▶ Task to complete: Search the data for the word "higher". Reproduce every line where it is found.

▶ Extracted data:
==============================

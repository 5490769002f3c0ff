// A, the n-level cycle, on the tables of a running sale.
#![tactic(auto)]

mod refining;
pub mod whole;
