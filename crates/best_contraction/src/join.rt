// The pair to contract: the best partner of a vertex by its own nets, and the best of those. `limit` is ⌈W/k⌉, the average weight of a
// block. The table `acc` is all 0 between calls; `bounds` spares most vertices the rating.
ghost use Rattle.std.specs.Prelude.{◌≡◌, cond, ◌+◌, ◌-◌, ◌≤◌, ◌<◌, length, get_or};
ghost use Rattle.best_contraction.specs.Rating.{fits, score_in, score_of, TablesOk, Blank, Cleared};
ghost use Rattle.best_contraction.specs.PartnerLaw.{topped, top_to};
ghost use Rattle.best_contraction.specs.JoinLaw.{PartnerOf};
ghost use Rattle.best_contraction.specs.JoinPair.{BestJoin, IsRated, join_or};
ghost use Rattle.best_contraction.specs.Bound.{Bounded, Planned, rise_of};
ghost use Rattle.best_contraction.specs.PartTop.{Topped};
ghost use Rattle.best_contraction.specs.Settling.{Rates};

use crate::bounds::lift;
use crate::rating::accumulate;
use crate::tops::{four_top, highest, set_bound, set_tops};

// The best partner of a vertex; vertex 0 and rating 0 where there is none, so that one comparison of ratings is enough in the loop.
#[derive(Clone, Copy)]
pub struct Partner {
    pub rating: u64,
    pub vertex: usize,
}

// A pair and its rating. In this file the rating is 0 where there is none, so that one comparison of ratings is enough in the loop; plan_join answers
// an Option.
#[derive(Clone, Copy)]
pub struct Join {
    pub rating: u64,
    pub into: usize,
    pub gone: usize,
}

// The best pair of a vertex just rated, and the vertex whose bound is now the highest.
#[derive(Clone, Copy)]
struct Rated {
    rating: u64,
    into: usize,
    gone: usize,
    top: usize,
}

// Whether `y` may be the partner of `u`: it comes after it, is in its block `own`, and the two are not too heavy together; `u` weighs `a`.
fn may_join(
    blocks: &[u16],
    weights: &[u32],
    u: usize,
    own: u16,
    a: u64,
    limit: u64,
    y: usize,
) -> bool
    requires { (1 ≤ y) × (y ≤ length blocks.now) × (y ≤ length weights.now) }
    ensures { result ≡ fits blocks.now weights.now u own a limit y }
{
    if y <= u {
        return false;
    }
    if blocks[y - 1] != own {
        return false;
    }
    if limit < a {
        return false;
    }
    u64::from(weights[y - 1]) <= limit - a
}

// The better of `y`, of rating `s`, and the best before it. Few rate higher than the best before them, so that this is tested first.
fn weigh_partner(
    blocks: &[u16],
    weights: &[u32],
    u: usize,
    own: u16,
    a: u64,
    limit: u64,
    y: usize,
    s: u64,
    best: Partner,
) -> Partner
    requires { (1 ≤ y) × (y ≤ length blocks.now) × (y ≤ length weights.now) }
    ensures { result ≡ topped (cond (fits blocks.now weights.now u own a limit y) s 0) y best }
{
    let high = best.rating;
    if s <= high {
        return best;
    }
    if may_join(blocks, weights, u, own, a, limit, y) {
        return Partner {
            rating: s,
            vertex: y,
        };
    }
    best
}

// The best of the vertices up to `to`, where `before` is the best of those up to `from`.
fn weigh_to(
    acc: &[u64; 1025],
    blocks: &[u16],
    weights: &[u32],
    u: usize,
    own: u16,
    a: u64,
    limit: u64,
    from: usize,
    to: usize,
    before: Partner,
) -> Partner
    requires acc_len { (length acc.now ≡ 1025) × (from ≤ to) × (to ≤ 1024) × (to ≤ length blocks.now) × (to ≤ length weights.now) }
    requires before_value { before ≡ top_to (score_in (fits blocks.now weights.now u own a limit) (λ z. get_or acc.now z 0)) from }
    ensures { result ≡ top_to (score_in (fits blocks.now weights.now u own a limit) (λ z. get_or acc.now z 0)) to }
{
    let mut best = before;
    for y in from..to {
        best = weigh_partner(blocks, weights, u, own, a, limit, y + 1, acc[y + 1], best);
    }
    best
}

// The best of the vertices up to `y + 4`, where `best` is the best of those up to `y`. Few rate higher, so that four are compared with it at
// once.
fn weigh_four(
    acc: &[u64; 1025],
    blocks: &[u16],
    weights: &[u32],
    u: usize,
    own: u16,
    a: u64,
    limit: u64,
    y: usize,
    best: Partner,
) -> Partner
    requires acc_len { (length acc.now ≡ 1025) × (y + 4 ≤ 1024) × (y + 4 ≤ length blocks.now) × (y + 4 ≤ length weights.now) }
    requires best_value { best ≡ top_to (score_in (fits blocks.now weights.now u own a limit) (λ z. get_or acc.now z 0)) y }
    ensures { result ≡ top_to (score_in (fits blocks.now weights.now u own a limit) (λ z. get_or acc.now z 0)) (y + 4) }
{
    let high = best.rating;
    if four_top(acc, y) <= high {
        return best;
    }
    weigh_to(acc, blocks, weights, u, own, a, limit, y, y + 4, best)
}

// The best partner of `u` by the ratings in `acc`: only the vertices after it may be, and of equals the first is kept.
fn select(
    acc: &[u64; 1025],
    blocks: &[u16],
    weights: &[u32],
    limit: u64,
    u: usize,
    n: usize,
) -> Partner
    requires acc_len { (length acc.now ≡ 1025) × (1 ≤ u) × (u ≤ n) × (n ≤ 1024) }
    requires n_in_bounds { (n ≤ length blocks.now) × (n ≤ length weights.now) }
    ensures { result ≡ top_to (score_in (fits blocks.now weights.now u (get_or blocks.now (u - 1) 0) (get_or weights.now (u - 1) 0) limit) (λ z. get_or acc.now z 0)) n }
{
    let own = blocks[u - 1];
    let a = u64::from(weights[u - 1]);
    let mut best = Partner {
        rating: 0,
        vertex: 0,
    };
    let fours = (n - u) / 4;
    for i in 0..fours {
        best = weigh_four(acc, blocks, weights, u, own, a, limit, u + 4 * i, best);
    }
    weigh_to(
        acc,
        blocks,
        weights,
        u,
        own,
        a,
        limit,
        u + 4 * fours,
        n,
        best,
    )
}

// Clears the places of the `n` vertices.
fn clear(acc: &mut [u64; 1025], n: usize)
    requires { (length acc.old ≡ 1025) × (n ≤ 1024) }
    ensures { Cleared acc.old acc.new n }
{
    for i in 0..n {
        acc[i + 1] = 0;
    }
}

// The best partner of `u` among the vertices after it; `acc` is all 0 before and after.
fn best_partner(
    acc: &mut [u64; 1025],
    bits: &[u64],
    presentpins: &[u16],
    firsts: &[u16],
    presentsizes: &[u16],
    net_weights: &[u16],
    blocks: &[u16],
    weights: &[u32],
    limit: u64,
    u: usize,
    m: usize,
    n: usize,
) -> Partner
    requires tables_ok { TablesOk bits.now presentpins.now firsts.now presentsizes.now net_weights.now blocks.now m n }
    requires blank { Blank acc.old × (1 ≤ u) × (u ≤ n) × (n ≤ length weights.now) }
    ensures { PartnerOf
        (score_of bits.now presentpins.now firsts.now presentsizes.now net_weights.now blocks.now weights.now m limit u)
        n acc.new result }
{
    accumulate(
        acc,
        bits,
        presentpins,
        firsts,
        presentsizes,
        net_weights,
        u,
        m,
    );
    let best = select(acc, blocks, weights, limit, u, n);
    clear(acc, n);
    best
}

// Finds the best partner of `u`; its rating is then u's bound.
fn rate(
    acc: &mut [u64; 1025],
    bounds: &mut [u64; 1025],
    tops: &mut [u64; 17],
    bits: &[u64],
    presentpins: &[u16],
    firsts: &[u16],
    presentsizes: &[u16],
    net_weights: &[u16],
    blocks: &[u16],
    weights: &[u32],
    limit: u64,
    u: usize,
    m: usize,
    n: usize,
) -> Rated
    requires tables_ok { TablesOk bits.now presentpins.now firsts.now presentsizes.now net_weights.now blocks.now m n }
    requires blank { Blank acc.old × (length bounds.old ≡ 1025) × (1 ≤ u) × (u ≤ n) × (n ≤ length weights.now) }
    requires topped { Topped bounds.old n tops.old }
    ensures rates { Rates
        (score_of bits.now presentpins.now firsts.now presentsizes.now net_weights.now blocks.now weights.now m limit)
        n bounds.old bounds.new u result.rating result.into result.gone result.top }
    ensures blank_2 { Blank acc.new }
    ensures topped_2 { Topped bounds.new n tops.new }
{
    let p = best_partner(
        acc,
        bits,
        presentpins,
        firsts,
        presentsizes,
        net_weights,
        blocks,
        weights,
        limit,
        u,
        m,
        n,
    );
    let rating = p.rating;
    set_bound(bounds, tops, u, rating, n);
    Rated {
        rating,
        into: u,
        gone: p.vertex,
        top: highest(tops, bounds, n),
    }
}

// The pair of highest rating, then lowest u, then lowest v. Where a vertex just rated has the highest bound, the first of those, no other has
// a better pair.
fn best_join(
    acc: &mut [u64; 1025],
    bounds: &mut [u64; 1025],
    bits: &[u64],
    presentpins: &[u16],
    firsts: &[u16],
    presentsizes: &[u16],
    net_weights: &[u16],
    blocks: &[u16],
    weights: &[u32],
    limit: u64,
    m: usize,
    n: usize,
) -> Join
    requires tables_ok { TablesOk bits.now presentpins.now firsts.now presentsizes.now net_weights.now blocks.now m n }
    requires blank { Blank acc.old × (1 ≤ n) × (n ≤ length weights.now) }
    requires bounded { Bounded (score_of bits.now presentpins.now firsts.now presentsizes.now net_weights.now blocks.now weights.now m limit) n bounds.old }
    ensures best_join { BestJoin
        (score_of bits.now presentpins.now firsts.now presentsizes.now net_weights.now blocks.now weights.now m limit)
        n result }
    ensures bounded_2 { Bounded
        (score_of bits.now presentpins.now firsts.now presentsizes.now net_weights.now blocks.now weights.now m limit)
        n bounds.new }
    ensures blank_2 { Blank acc.new }
{
    let mut tops = [0u64; 17];
    set_tops(&mut tops, bounds, n);
    let start = highest(&tops, bounds, n);
    let mut s = rate(
        acc,
        bounds,
        &mut tops,
        bits,
        presentpins,
        firsts,
        presentsizes,
        net_weights,
        blocks,
        weights,
        limit,
        start,
        m,
        n,
    );
    // No for: it ends where the vertex just rated has the highest bound, and counts nothing.
    while s.top != s.into {
        s = rate(
            acc,
            bounds,
            &mut tops,
            bits,
            presentpins,
            firsts,
            presentsizes,
            net_weights,
            blocks,
            weights,
            limit,
            s.top,
            m,
            n,
        );
    }
    Join {
        rating: s.rating,
        into: s.into,
        gone: s.gone,
    }
}

// The same pair, if there is one, with the bounds as they have to be when it has been contracted.
pub fn plan_join(
    acc: &mut [u64; 1025],
    bounds: &mut [u64; 1025],
    bits: &[u64],
    presentpins: &[u16],
    firsts: &[u16],
    presentsizes: &[u16],
    net_weights: &[u16],
    blocks: &[u16],
    weights: &[u32],
    limit: u64,
    m: usize,
    n: usize,
) -> Option<Join>
    requires tables_ok { TablesOk bits.now presentpins.now firsts.now presentsizes.now net_weights.now blocks.now m n }
    requires blank { Blank acc.old × (1 ≤ n) × (n ≤ length weights.now) }
    requires bounded { Bounded (score_of bits.now presentpins.now firsts.now presentsizes.now net_weights.now blocks.now weights.now m limit) n bounds.old }
    ensures best_join { BestJoin
        (score_of bits.now presentpins.now firsts.now presentsizes.now net_weights.now blocks.now weights.now m limit)
        n (join_or result) }
    ensures rated { IsRated result }
    ensures planned { Planned
        (score_of bits.now presentpins.now firsts.now presentsizes.now net_weights.now blocks.now weights.now m limit)
        (rise_of bits.now presentpins.now firsts.now presentsizes.now net_weights.now blocks.now m) n bounds.new (join_or result) }
    ensures blank_2 { Blank acc.new }
{
    let best = best_join(
        acc,
        bounds,
        bits,
        presentpins,
        firsts,
        presentsizes,
        net_weights,
        blocks,
        weights,
        limit,
        m,
        n,
    );
    let rating = best.rating;
    if rating == 0 {
        return None;
    }
    lift(
        bounds,
        bits,
        presentpins,
        firsts,
        presentsizes,
        net_weights,
        blocks,
        best.into,
        best.gone,
        m,
        n,
    );
    Some(best)
}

==============================

▶ Written response:
// The better of `y`, of rating `s`, and the best before it. Few rate higher than the best before them, so that this is tested first.
// The best of the vertices up to `y + 4`, where `best` is the best of those up to `y`. Few rate higher, so that four are compared with it at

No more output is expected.